### Instructions to follow
Return the run of lines below that opens with the line containing "let t = number_at(&self.left, place);" and closes with the line containing "let states = model.states();", keeping each one exact.

### Records for processing
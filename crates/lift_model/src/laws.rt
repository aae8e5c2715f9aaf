ghost use Rattle.lift_model.specs.Pick.{FitsPick, PicksFit, PicksReach};
ghost use Rattle.lift_model.specs.Twin.{FairPlansReachOneHalf};
ghost use Rattle.lift_model.specs.Laws.{WeightedSumsAreNotNegative, WeightedSumsRise};
ghost use Rattle.lift_model.specs.Timed.{SameChoicesAreMemoryless};
ghost use Rattle.lift_model.specs.Tossing.{TossesAreBounded};

/// Holds the laws of schedulers that don't toss, for who reasons about them: the plans over 1 are
/// those that pick a choice for each history, and such a plan reaches what its choices reach. It does
/// nothing.
pub fn plans_over_one_choice()
    ensures fits { PicksFit }
    ensures picks { FitsPick }
    ensures reach { PicksReach }
{}

/// Holds the laws of weighted sums where no weight is below 0, for who reasons about them: they rise with
/// the numbers, and stay from 0 on. It does nothing.
pub fn weighted_sums_follow()
    ensures least { WeightedSumsAreNotNegative }
    ensures rise { WeightedSumsRise }
{}

/// Holds what tossing adds, on a coin with two choices of which one goes to the goal with p and the other
/// with 1 - p: the plan that tosses fairly between them reaches it with one half, whatever p is. It does
/// nothing.
pub fn fair_plans_reach_one_half()
    ensures { FairPlansReachOneHalf }
{}

/// Holds the law of one step of a plan, for who reasons about schedulers that toss: what bounds the steps that
/// follow bounds the step. It does nothing.
pub fn tosses_are_bounded()
    ensures { TossesAreBounded }
{}

/// Holds what schedulers reach that make the same choices whatever the number of steps left: what memoryless
/// ones do. It does nothing.
pub fn same_choices_are_memoryless()
    ensures { SameChoicesAreMemoryless }
{}
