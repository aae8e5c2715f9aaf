//! The picture of a slice of a sound report's region, as SVG. The writers take no memory.
#![tactic(auto)]

mod axes;
mod axis;
mod decimal;
mod field;
mod fraction;
mod layer;
mod legend;
mod picture;
mod share;
mod style;
mod summary;
mod ticks;
mod title;

pub use picture::Picture;
pub use summary::SummaryText;
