// The patterns of the kinds of leaves, and the legend.
ghost use Rattle.lift_base.specs.Outside.{Wrote};
ghost use Rattle.view_text.specs.Style.{box_text, each_kind, legend_text, pattern_text, word_text};

use crate::style::{BOXES_START, GROUP_END, write_box, write_pattern, write_word};
use lift_base::{Sink, WriteFault, write_all, writes_in_turn};
use view_map::LeafKind;

/// Writes the pattern of each kind.
pub(crate) fn write_patterns<K: Sink>(out: &mut K) -> Result<(), WriteFault>
    ensures { Wrote K.taken K.faults out.old out.new result (each_kind pattern_text) }
{
    writes_in_turn::<K>();
    write_pattern(out, LeafKind::Accept)?;
    write_pattern(out, LeafKind::Reject)?;
    write_pattern(out, LeafKind::Unknown)
}

fn write_boxes<K: Sink>(out: &mut K) -> Result<(), WriteFault>
    ensures { Wrote K.taken K.faults out.old out.new result (each_kind box_text) }
{
    writes_in_turn::<K>();
    write_box(out, LeafKind::Accept)?;
    write_box(out, LeafKind::Reject)?;
    write_box(out, LeafKind::Unknown)
}

fn write_kind_words<K: Sink>(out: &mut K) -> Result<(), WriteFault>
    ensures { Wrote K.taken K.faults out.old out.new result (each_kind word_text) }
{
    writes_in_turn::<K>();
    write_word(out, LeafKind::Accept)?;
    write_word(out, LeafKind::Reject)?;
    write_word(out, LeafKind::Unknown)
}

/// Writes the legend, a box and a word for each kind.
pub(crate) fn write_legend<K: Sink>(out: &mut K) -> Result<(), WriteFault>
    ensures { Wrote K.taken K.faults out.old out.new result legend_text }
{
    writes_in_turn::<K>();
    write_all(out, BOXES_START)?;
    write_boxes(out)?;
    write_all(out, GROUP_END)?;
    write_kind_words(out)
}
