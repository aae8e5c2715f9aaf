//! An order of the states by their strongly connected components, found by a search in depth, as Tarjan
//! does it. Nothing is proved of the search: what it gives is tested at the end.

ghost use Rattle.std.specs.Prelude.{◌≡◌, ◌≤◌, ◌<◌, ℕ, true, length, slice_index_or, IfOk};
ghost use Rattle.lift_model.specs.Valid.{most_states};
ghost use Rattle.lift_model.specs.Order.{IsOrder};

use crate::lists::{number_at, put};
use crate::model::Model;
use std::alloc::{AllocError, Global};

/// A search meets each state once and leaves it once: in fewer turns than this.
const TURNS: u32 = 1 << 20;

/// Stands for the time of a state whose component is known.
const CLOSED: u32 = u32::MAX;

/// An order of the states.
#[derive(Drop)]
pub struct Order {
    /// The states in this order.
    pub states: Vec<u32>,
    /// The position of each state.
    pub positions: Vec<u32>,
    /// For each position the end of its component.
    pub ends: Vec<u32>,
}

/// A state that a search is in.
#[derive(Clone, Copy)]
struct Open {
    state: u32,
    // where the search goes on among the targets, and where those of the state end
    next: u32,
    end: u32,
    // the earliest time of a state that is reached from it
    low: u32,
}

/// What a search in depth knows.
#[derive(Drop)]
struct Search {
    // when each state was met, from 1; 0 where it wasn't, and `CLOSED` where its component is known
    times: Vec<u32>,
    time: u32,
    // the states that the search is in, and those that it left whose component isn't known
    open: Vec<Open>,
    left: Vec<u32>,
    // the states whose component is known, component by component, and for each where its own ends
    states: Vec<u32>,
    ends: Vec<u32>,
}

/// The lesser of two times.
fn earlier(time: u32, other: u32) -> u32 {
    if other < time { other } else { time }
}

impl Search {
    /// No state was met yet, of so many.
    fn new(alloc: Global, states: usize) -> Result<Search, AllocError> {
        Ok(Search {
            times: vec![in alloc; 0u32; states]?,
            time: 0,
            open: Vec::with_capacity(alloc, states)?,
            left: Vec::with_capacity(alloc, states)?,
            states: Vec::with_capacity(alloc, states)?,
            ends: Vec::with_capacity(alloc, states)?,
        })
    }

    /// Opens a state that wasn't met. The search goes no further from a goal state.
    fn meet(&mut self, model: &Model, starts: &[u32], s: u32) -> Result<(), AllocError> {
        self.time = self.time.saturating_add(1);
        put(&mut self.times, s as usize, self.time);
        let next = number_at(starts, s as usize);
        let is_goal = s < model.states() && model.is_goal(s);
        let end = if is_goal {
            next
        } else {
            number_at(starts, s as usize + 1)
        };
        self.open.push(Open {
            state: s,
            next,
            end,
            low: self.time,
        })?;
        Ok(())
    }

    /// Adds a state of a component that ends there.
    fn add(&mut self, s: u32, end: u32) -> Result<(), AllocError> {
        put(&mut self.times, s as usize, CLOSED);
        self.states.push(s)?;
        self.ends.push(end)?;
        Ok(())
    }

    /// Where those begin that were left since that time, among all that were left.
    fn left_since(&self, time: u32) -> usize {
        let mut first = self.left.len();
        while first > 0 {
            let last = number_at(&self.left, first - 1);
            if number_at(&self.times, last as usize) < time {
                break;
            }
            first -= 1;
        }
        first
    }

    /// Closes the component whose first state was met at that time: what was left since then, and it.
    fn close(&mut self, s: u32, time: u32) -> Result<(), AllocError> {
        let first = self.left_since(time);
        let count = self.left.len().saturating_sub(first);
        let end = self.states.len().saturating_add(count).saturating_add(1);
        let end = u32::try_from(end).unwrap_or(0);
        for place in first..self.left.len() {
            let t = number_at(&self.left, place);
            self.add(t, end)?;
        }
        self.left.truncate(first);
        self.add(s, end)
    }

    /// Leaves a state, and with the first state of a component all of it.
    fn leave(&mut self, here: Open) -> Result<(), AllocError> {
        let time = number_at(&self.times, here.state as usize);
        if here.low == time {
            return self.close(here.state, time);
        }
        self.left.push(here.state)?;
        if let Some(parent) = self.open.last_mut() {
            parent.low = earlier(parent.low, here.low);
        }
        Ok(())
    }

    /// Goes on from a state: to its next target that wasn't met, or out of it.
    fn turn(
        &mut self,
        model: &Model,
        targets: &[u32],
        starts: &[u32],
        mut here: Open,
    ) -> Result<(), AllocError> {
        for place in here.next..here.end {
            let target = number_at(targets, place as usize);
            let time = number_at(&self.times, target as usize);
            if time == 0 {
                here.next = place;
                self.open.push(here)?;
                return self.meet(model, starts, target);
            }
            here.low = earlier(here.low, time);
        }
        self.leave(here)
    }

    /// Searches from a state that wasn't met, until it is left.
    fn search(
        &mut self,
        model: &Model,
        targets: &[u32],
        starts: &[u32],
        s: u32,
    ) -> Result<(), AllocError> {
        self.meet(model, starts, s)?;
        for _ in 0..TURNS {
            match self.open.pop() {
                Some(here) => self.turn(model, targets, starts, here)?,
                None => return Ok(()),
            }
        }
        Ok(())
    }
}

/// Searches from each state that wasn't met before. Gives the states component by component, and for each
/// where its own ends.
fn search_states(
    alloc: Global,
    model: &Model,
    targets: &[u32],
    starts: &[u32],
) -> Result<(Vec<u32>, Vec<u32>), AllocError> {
    let states = model.states();
    let mut search = Search::new(alloc, states as usize)?;
    for s in 0..states {
        if number_at(&search.times, s as usize) == 0 {
            search.search(model, targets, starts, s)?;
        }
    }
    Ok((search.states, search.ends))
}

/// Writes the position of each state of the list.
fn place_states(states: &[u32], positions: &mut [u32])
    ensures { length positions.new ≡ length positions.old }
{
    let mut position = 0u32;
    for s in states {
        put(positions, *s as usize, position);
        position = position.saturating_add(1);
    }
}

/// Whether each state of the list has the position at which it stands there.
fn stand_there(states: &[u32], positions: &[u32]) -> bool
    requires { length states.now ≤ most_states }
    ensures { result ≡ true → (i : ℕ) → i < length states.now → slice_index_or positions.now (slice_index_or states.now i 0) 0 ≡ i }
{
    for (i, s) in states.iter().enumerate() {
        if positions.get(*s as usize) != Some(&(i as u32)) {
            return false;
        }
    }
    true
}

/// Whether each state is found at its position, and no other one is.
fn are_placed(states: &[u32], positions: &[u32]) -> bool
    requires { length positions.now ≤ most_states }
    ensures { result ≡ true → IsOrder states.now positions.now (length positions.now) }
{
    if states.len() != positions.len() || !stand_there(states, positions) {
        return false;
    }
    for (s, position) in positions.iter().enumerate() {
        if states.get(*position as usize) != Some(&(s as u32)) {
            return false;
        }
    }
    true
}

/// The states as they are numbered.
fn as_numbered(alloc: Global, count: u32) -> Result<Order, AllocError>
    ensures order { IfOk result (λ order. IsOrder order.states.items order.positions.items count) }
    ensures ends { IfOk result (λ order. length order.ends.items ≡ count) }
{
    let mut states = Vec::new(alloc);
    let mut positions = Vec::new(alloc);
    for s in 0..count {
        states.push(s)?;
        positions.push(s)?;
    }
    Ok(Order {
        states,
        positions,
        ends: vec![in alloc; count; count as usize]?,
    })
}

/// An order by components: those that a component leads to come before it. The targets of each state
/// begin at its start.
pub(crate) fn order_states(
    alloc: Global,
    model: &Model,
    targets: &[u32],
    starts: &[u32],
) -> Result<Order, AllocError>
    ensures order { IfOk result (λ order. IsOrder order.states.items order.positions.items (length model.now.states)) }
    ensures ends { IfOk result (λ order. length order.ends.items ≡ length model.now.states) }
{
    let count = model.states();
    let (states, ends) = search_states(alloc, model, targets, starts)?;
    let mut positions = vec![in alloc; 0u32; count as usize]?;
    place_states(&states, &mut positions);
    if ends.len() == count as usize && are_placed(&states, &positions) {
        return Ok(Order {
            states,
            positions,
            ends,
        });
    }
    as_numbered(alloc, count)
}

### Output for this exercise
            let t = number_at(&self.left, place);
            self.add(t, end)?;
        }
        self.left.truncate(first);
        self.add(s, end)
    }

    /// Leaves a state, and with the first state of a component all of it.
    fn leave(&mut self, here: Open) -> Result<(), AllocError> {
        let time = number_at(&self.times, here.state as usize);
        if here.low == time {
            return self.close(here.state, time);
        }
        self.left.push(here.state)?;
        if let Some(parent) = self.open.last_mut() {
            parent.low = earlier(parent.low, here.low);
        }
        Ok(())
    }

    /// Goes on from a state: to its next target that wasn't met, or out of it.
    fn turn(
        &mut self,
        model: &Model,
        targets: &[u32],
        starts: &[u32],
        mut here: Open,
    ) -> Result<(), AllocError> {
        for place in here.next..here.end {
            let target = number_at(targets, place as usize);
            let time = number_at(&self.times, target as usize);
            if time == 0 {
                here.next = place;
                self.open.push(here)?;
                return self.meet(model, starts, target);
            }
            here.low = earlier(here.low, time);
        }
        self.leave(here)
    }

    /// Searches from a state that wasn't met, until it is left.
    fn search(
        &mut self,
        model: &Model,
        targets: &[u32],
        starts: &[u32],
        s: u32,
    ) -> Result<(), AllocError> {
        self.meet(model, starts, s)?;
        for _ in 0..TURNS {
            match self.open.pop() {
                Some(here) => self.turn(model, targets, starts, here)?,
                None => return Ok(()),
            }
        }
        Ok(())
    }
}

/// Searches from each state that wasn't met before. Gives the states component by component, and for each
/// where its own ends.
fn search_states(
    alloc: Global,
    model: &Model,
    targets: &[u32],
    starts: &[u32],
) -> Result<(Vec<u32>, Vec<u32>), AllocError> {
    let states = model.states();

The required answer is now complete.